***** Data

//! Clones of maps.
ghost use Rattle.std.specs.Prelude.{◌≡◌, []};
ghost use Rattle.linked_hash_map.specs.Clones.{IsClone};

use crate::map::LinkedHashMap;
use std::alloc::AllocError;
use std::hash::{BuildHasher, Hash};

/// Clones the hasher and the pairs, in order, in O(n). The mode stays, and the capacity is the
/// number of pairs. Hashes each cloned key once; if two are equal, the later replaces the earlier.
///
/// Returns an error if an allocation or a clone fails. Without pairs it allocates nothing, and only
/// the clone of the hasher can fail.
///
/// # Examples
///
/// ```rust
/// let mut map = LinkedHashMap::with_capacity(rt.alloc(), 5)?;
/// map.insert('x', 1)?;
/// let clone = map.clone()?;
/// assert!(rt; clone == map);
/// assert_eq!(rt; clone.capacity(), 1);
/// ```
impl<K: Eq + Hash + Clone, V: Clone, S: BuildHasher + Clone> Clone for LinkedHashMap<K, V, S> {
    ghost is_clone = { IsClone K.eq K.is_clone V.is_clone S.is_clone };

    ghost is_infallible = { λ m. (m.pairs ≡ []) × S.is_infallible m.hasher };

    fn clone(&self) -> Result<LinkedHashMap<K, V, S>, AllocError> {
        let hasher = self.hasher().clone()?;
        let Ok(mut map) = LinkedHashMap::with_capacity_and_hasher(
            self.allocator(),
            self.len(),
            hasher,
        ) else {
            return Err(AllocError);
        };
        for (key, value) in self.iter() {
            let key = key.clone()?;
            let Ok(old) = map.insert(key, value.clone()?) else {
                return Err(AllocError);
            };
            drop(old);
        }
        map.set_mode(self.mode());
        Ok(map)
    }
}
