//! The lists of maps, caches, sets and tables, at the end of each line of the output.
ghost use Rattle.std.specs.Iterator.{IsFinite};

use super::call::Call;
use super::key::Key;
use super::value::Value;

/// The longest list that is shown whole.
pub const SHOWN: usize = 100;

/// An item of a list.
pub trait Listed {
    /// Appends it.
    fn list(&self, call: &Call);

    /// Returns what it adds to a digest, before its place.
    fn mixed(&self) -> u64;
}

impl<'m> Listed for &'m Key {
    fn list(&self, call: &Call) {
        call.list(*self);
    }

    fn mixed(&self) -> u64 {
        self.number()
    }
}

impl<'m> Listed for (&'m Key, &'m Value) {
    fn list(&self, call: &Call) {
        call.list_pair(self.0, self.1);
    }

    fn mixed(&self) -> u64 {
        self.0.number() ^ spread(self.1.number())
    }
}

impl<'m> Listed for &'m (Key, Value) {
    fn list(&self, call: &Call) {
        (&self.0, &self.1).list(call);
    }

    fn mixed(&self) -> u64 {
        (&self.0, &self.1).mixed()
    }
}

/// A session: its id, its weight and its payload.
impl<'m> Listed for (u64, u64, &'m Value) {
    fn list(&self, call: &Call) {
        call.show_session((" ", ""), self.0, self.1, self.2);
    }

    fn mixed(&self) -> u64 {
        self.0 ^ spread(self.1) ^ self.2.number()
    }
}

/// Returns a number times an odd number that spreads its bits.
fn spread(number: u64) -> u64 {
    number.wrapping_mul(1_099_511_628_211)
}

/// The sum of what the items of a list are mixed to, each times its place, which counts from 1.
#[derive(Clone, Copy, Default)]
pub struct Digest {
    pub sum: u64,
    place: u64,
}

impl Digest {
    /// Adds the next item.
    pub fn add<T: Listed>(&mut self, item: &T) {
        self.place = self.place.wrapping_add(1);
        self.sum = self.sum.wrapping_add(self.place.wrapping_mul(item.mixed()));
    }
}

/// Appends the first item, the last and a digest.
fn list_ends<T: Listed + Copy, I: Iterator<Item = T> + Drop>(items: I, call: &Call)
    requires can { I.can_next items }
    requires ends { IsFinite (I.remaining items) }
{
    let mut digest = Digest::default();
    let mut last = None;
    for item in items {
        if last.is_none() {
            item.list(call);
        }
        digest.add(&item);
        last = Some(item);
    }
    if let Some(last) = last {
        last.list(call);
    }
    call.list(&digest.sum);
}

/// Appends how many items there are and each in order, or if they are many, the first, the last and
/// a digest.
pub fn list<T: Listed + Copy, I: Iterator<Item = T> + Drop>(len: usize, items: I, call: &Call)
    requires can { I.can_next items }
    requires ends { IsFinite (I.remaining items) }
{
    call.list(&len);
    if len > SHOWN {
        return list_ends(items, call);
    }
    for item in items {
        item.list(call);
    }
}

**********

Work instruction: Would you output the full listing exactly as it stands?

Expected output:
//! Clones of maps.
ghost use Rattle.std.specs.Prelude.{◌≡◌, []};
ghost use Rattle.linked_hash_map.specs.Clones.{IsClone};

use crate::map::LinkedHashMap;
use std::alloc::AllocError;
use std::hash::{BuildHasher, Hash};

/// Clones the hasher and the pairs, in order, in O(n). The mode stays, and the capacity is the
/// number of pairs. Hashes each cloned key once; if two are equal, the later replaces the earlier.
///
/// Returns an error if an allocation or a clone fails. Without pairs it allocates nothing, and only
/// the clone of the hasher can fail.
///
/// # Examples
///
/// ```rust
/// let mut map = LinkedHashMap::with_capacity(rt.alloc(), 5)?;
/// map.insert('x', 1)?;
/// let clone = map.clone()?;
/// assert!(rt; clone == map);
/// assert_eq!(rt; clone.capacity(), 1);
/// ```
impl<K: Eq + Hash + Clone, V: Clone, S: BuildHasher + Clone> Clone for LinkedHashMap<K, V, S> {
    ghost is_clone = { IsClone K.eq K.is_clone V.is_clone S.is_clone };

    ghost is_infallible = { λ m. (m.pairs ≡ []) × S.is_infallible m.hasher };

    fn clone(&self) -> Result<LinkedHashMap<K, V, S>, AllocError> {
        let hasher = self.hasher().clone()?;
        let Ok(mut map) = LinkedHashMap::with_capacity_and_hasher(
            self.allocator(),
            self.len(),
            hasher,
        ) else {
            return Err(AllocError);
        };
        for (key, value) in self.iter() {
            let key = key.clone()?;
            let Ok(old) = map.insert(key, value.clone()?) else {
                return Err(AllocError);
            };
            drop(old);
        }
        map.set_mode(self.mode());
        Ok(map)
    }
}
//! The lists of maps, caches, sets and tables, at the end of each line of the output.
ghost use Rattle.std.specs.Iterator.{IsFinite};

use super::call::Call;
use super::key::Key;
use super::value::Value;

/// The longest list that is shown whole.
pub const SHOWN: usize = 100;

/// An item of a list.
pub trait Listed {
    /// Appends it.
    fn list(&self, call: &Call);

    /// Returns what it adds to a digest, before its place.
    fn mixed(&self) -> u64;
}

impl<'m> Listed for &'m Key {
    fn list(&self, call: &Call) {
        call.list(*self);
    }

    fn mixed(&self) -> u64 {
        self.number()
    }
}

impl<'m> Listed for (&'m Key, &'m Value) {
    fn list(&self, call: &Call) {
        call.list_pair(self.0, self.1);
    }

    fn mixed(&self) -> u64 {
        self.0.number() ^ spread(self.1.number())
    }
}

impl<'m> Listed for &'m (Key, Value) {
    fn list(&self, call: &Call) {
        (&self.0, &self.1).list(call);
    }

    fn mixed(&self) -> u64 {
        (&self.0, &self.1).mixed()
    }
}

/// A session: its id, its weight and its payload.
impl<'m> Listed for (u64, u64, &'m Value) {
    fn list(&self, call: &Call) {
        call.show_session((" ", ""), self.0, self.1, self.2);
    }

    fn mixed(&self) -> u64 {
        self.0 ^ spread(self.1) ^ self.2.number()
    }
}

/// Returns a number times an odd number that spreads its bits.
fn spread(number: u64) -> u64 {
    number.wrapping_mul(1_099_511_628_211)
}

/// The sum of what the items of a list are mixed to, each times its place, which counts from 1.
#[derive(Clone, Copy, Default)]
pub struct Digest {
    pub sum: u64,
    place: u64,
}

impl Digest {
    /// Adds the next item.
    pub fn add<T: Listed>(&mut self, item: &T) {
        self.place = self.place.wrapping_add(1);
        self.sum = self.sum.wrapping_add(self.place.wrapping_mul(item.mixed()));
    }
}

/// Appends the first item, the last and a digest.
fn list_ends<T: Listed + Copy, I: Iterator<Item = T> + Drop>(items: I, call: &Call)
    requires can { I.can_next items }
    requires ends { IsFinite (I.remaining items) }
{
    let mut digest = Digest::default();
    let mut last = None;
    for item in items {
        if last.is_none() {
            item.list(call);
        }
        digest.add(&item);
        last = Some(item);
    }
    if let Some(last) = last {
        last.list(call);
    }
    call.list(&digest.sum);
}

/// Appends how many items there are and each in order, or if they are many, the first, the last and
/// a digest.
pub fn list<T: Listed + Copy, I: Iterator<Item = T> + Drop>(len: usize, items: I, call: &Call)
    requires can { I.can_next items }
    requires ends { IsFinite (I.remaining items) }
{
    call.list(&len);
    if len > SHOWN {
        return list_ends(items, call);
    }
    for item in items {
        item.list(call);
    }
}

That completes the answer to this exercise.